- _EXERCISE BRIEF_: Which of the lines in the data below contain the string "Option"? Copy each of them.

*** MATERIAL PROVIDED Section Begins ***

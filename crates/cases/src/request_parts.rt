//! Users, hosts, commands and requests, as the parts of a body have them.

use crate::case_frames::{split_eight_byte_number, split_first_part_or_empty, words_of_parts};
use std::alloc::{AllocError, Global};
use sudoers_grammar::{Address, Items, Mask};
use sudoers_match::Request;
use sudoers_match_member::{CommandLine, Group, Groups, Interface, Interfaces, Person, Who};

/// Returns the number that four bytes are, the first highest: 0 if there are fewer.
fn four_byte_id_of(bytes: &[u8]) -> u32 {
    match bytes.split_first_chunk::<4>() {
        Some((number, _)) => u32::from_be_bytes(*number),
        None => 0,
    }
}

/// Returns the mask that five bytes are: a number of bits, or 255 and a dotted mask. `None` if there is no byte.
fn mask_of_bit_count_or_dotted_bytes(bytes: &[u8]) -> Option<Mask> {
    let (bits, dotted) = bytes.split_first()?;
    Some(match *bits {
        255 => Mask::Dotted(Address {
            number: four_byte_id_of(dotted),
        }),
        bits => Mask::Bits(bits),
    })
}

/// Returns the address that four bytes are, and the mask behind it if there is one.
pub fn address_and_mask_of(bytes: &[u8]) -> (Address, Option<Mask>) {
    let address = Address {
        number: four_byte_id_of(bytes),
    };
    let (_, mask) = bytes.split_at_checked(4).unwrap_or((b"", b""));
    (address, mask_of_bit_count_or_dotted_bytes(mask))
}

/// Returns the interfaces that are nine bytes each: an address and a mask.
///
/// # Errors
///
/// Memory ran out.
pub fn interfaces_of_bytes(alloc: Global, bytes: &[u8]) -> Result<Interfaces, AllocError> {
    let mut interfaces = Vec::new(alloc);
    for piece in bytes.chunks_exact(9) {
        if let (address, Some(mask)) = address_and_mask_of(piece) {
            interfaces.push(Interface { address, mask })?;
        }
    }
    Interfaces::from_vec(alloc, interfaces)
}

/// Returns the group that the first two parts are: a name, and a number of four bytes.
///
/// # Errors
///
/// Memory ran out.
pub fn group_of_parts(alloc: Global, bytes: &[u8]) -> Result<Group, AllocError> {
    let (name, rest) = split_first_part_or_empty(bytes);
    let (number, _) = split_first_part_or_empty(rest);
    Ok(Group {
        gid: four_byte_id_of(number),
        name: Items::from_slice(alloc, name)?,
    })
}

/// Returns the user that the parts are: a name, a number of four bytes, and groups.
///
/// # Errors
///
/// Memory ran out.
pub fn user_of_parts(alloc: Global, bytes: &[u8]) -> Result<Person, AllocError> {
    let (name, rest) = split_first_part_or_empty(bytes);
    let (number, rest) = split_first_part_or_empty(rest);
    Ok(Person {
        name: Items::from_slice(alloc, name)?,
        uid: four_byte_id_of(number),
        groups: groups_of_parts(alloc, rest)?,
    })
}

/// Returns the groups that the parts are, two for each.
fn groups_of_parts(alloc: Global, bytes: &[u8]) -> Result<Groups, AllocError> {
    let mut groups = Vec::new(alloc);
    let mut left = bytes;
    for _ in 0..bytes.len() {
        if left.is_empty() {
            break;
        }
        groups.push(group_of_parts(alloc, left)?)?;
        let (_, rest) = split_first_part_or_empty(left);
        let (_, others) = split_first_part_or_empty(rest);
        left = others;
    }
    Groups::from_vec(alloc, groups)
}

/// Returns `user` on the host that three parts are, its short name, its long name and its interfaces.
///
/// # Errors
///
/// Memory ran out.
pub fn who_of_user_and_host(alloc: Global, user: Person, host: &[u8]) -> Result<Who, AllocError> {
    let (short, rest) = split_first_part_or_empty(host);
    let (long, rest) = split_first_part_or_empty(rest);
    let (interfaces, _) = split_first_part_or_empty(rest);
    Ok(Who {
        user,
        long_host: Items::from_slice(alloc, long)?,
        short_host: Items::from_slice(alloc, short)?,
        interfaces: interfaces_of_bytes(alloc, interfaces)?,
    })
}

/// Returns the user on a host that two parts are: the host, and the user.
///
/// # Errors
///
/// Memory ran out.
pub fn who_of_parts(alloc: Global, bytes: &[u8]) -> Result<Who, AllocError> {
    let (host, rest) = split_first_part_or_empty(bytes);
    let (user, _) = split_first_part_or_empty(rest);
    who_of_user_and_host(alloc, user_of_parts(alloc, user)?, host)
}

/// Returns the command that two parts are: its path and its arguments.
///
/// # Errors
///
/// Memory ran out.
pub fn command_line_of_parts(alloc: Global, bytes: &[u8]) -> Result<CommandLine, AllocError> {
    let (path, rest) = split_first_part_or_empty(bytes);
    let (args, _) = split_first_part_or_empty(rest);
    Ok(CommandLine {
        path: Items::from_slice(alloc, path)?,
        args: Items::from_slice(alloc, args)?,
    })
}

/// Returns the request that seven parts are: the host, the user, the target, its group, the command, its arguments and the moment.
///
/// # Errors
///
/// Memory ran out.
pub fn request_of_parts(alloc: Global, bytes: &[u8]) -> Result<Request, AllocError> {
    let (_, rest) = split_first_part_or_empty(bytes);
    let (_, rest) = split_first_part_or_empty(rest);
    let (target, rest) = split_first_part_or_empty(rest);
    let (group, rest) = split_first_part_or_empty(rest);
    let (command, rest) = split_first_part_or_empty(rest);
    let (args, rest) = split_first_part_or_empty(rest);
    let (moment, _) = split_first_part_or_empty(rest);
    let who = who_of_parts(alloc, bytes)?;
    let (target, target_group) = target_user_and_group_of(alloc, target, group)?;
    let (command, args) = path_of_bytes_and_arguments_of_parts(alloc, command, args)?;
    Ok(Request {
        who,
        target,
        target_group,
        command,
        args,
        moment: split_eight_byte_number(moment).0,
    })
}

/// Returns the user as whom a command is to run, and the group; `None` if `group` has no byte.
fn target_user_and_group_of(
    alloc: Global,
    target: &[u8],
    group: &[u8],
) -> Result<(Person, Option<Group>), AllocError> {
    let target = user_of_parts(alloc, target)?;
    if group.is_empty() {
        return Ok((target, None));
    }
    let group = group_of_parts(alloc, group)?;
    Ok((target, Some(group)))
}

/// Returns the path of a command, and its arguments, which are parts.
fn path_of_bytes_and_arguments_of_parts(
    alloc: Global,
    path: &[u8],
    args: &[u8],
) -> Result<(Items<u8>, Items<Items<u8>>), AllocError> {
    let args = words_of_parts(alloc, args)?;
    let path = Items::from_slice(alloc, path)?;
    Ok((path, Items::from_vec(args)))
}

*** MATERIAL PROVIDED Section Ends ***

- _FINISHED TASK_:
fn mask_of_bit_count_or_dotted_bytes(bytes: &[u8]) -> Option<Mask> {
pub fn address_and_mask_of(bytes: &[u8]) -> (Address, Option<Mask>) {
) -> Result<(Person, Option<Group>), AllocError> {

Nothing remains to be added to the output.